### Action item
Pull out each line of the data that includes the word "seconds".

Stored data
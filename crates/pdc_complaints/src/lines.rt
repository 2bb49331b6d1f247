//! The lines about how a stream is heard.

use crate::whose::Of;
use std::alloc::{AllocError, Global};

/// The line about a silence of so many seconds.
pub fn silence_text(alloc: Global, of: Of, seconds: u64) -> Result<String, AllocError> {
    format!(in alloc; "no datagram from {of} for {seconds} seconds")
}

/// The line about its end.
pub fn again_text(alloc: Global, of: Of) -> Result<String, AllocError> {
    format!(in alloc; "{of} sends again")
}

/// The line about so many seconds of data without a configuration.
pub fn unread_text(alloc: Global, of: Of, seconds: u64) -> Result<String, AllocError> {
    format!(in alloc;
        "data from {of} for {seconds} seconds without a configuration: it is refused until a CFG-2 frame arrives"
    )
}

/// The line once that data is accepted.
pub fn taken_text(alloc: Global, of: Of) -> Result<String, AllocError> {
    format!(in alloc; "data from {of} is accepted")
}

/// The line about a stream that is no longer read.
pub fn ended_text(alloc: Global, of: Of, why: &str) -> Result<String, AllocError> {
    format!(in alloc; "{of} is no longer read: {why}")
}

### Exercise answer
/// The line about a silence of so many seconds.
pub fn silence_text(alloc: Global, of: Of, seconds: u64) -> Result<String, AllocError> {
    format!(in alloc; "no datagram from {of} for {seconds} seconds")
/// The line about so many seconds of data without a configuration.
pub fn unread_text(alloc: Global, of: Of, seconds: u64) -> Result<String, AllocError> {
        "data from {of} for {seconds} seconds without a configuration: it is refused until a CFG-2 frame arrives"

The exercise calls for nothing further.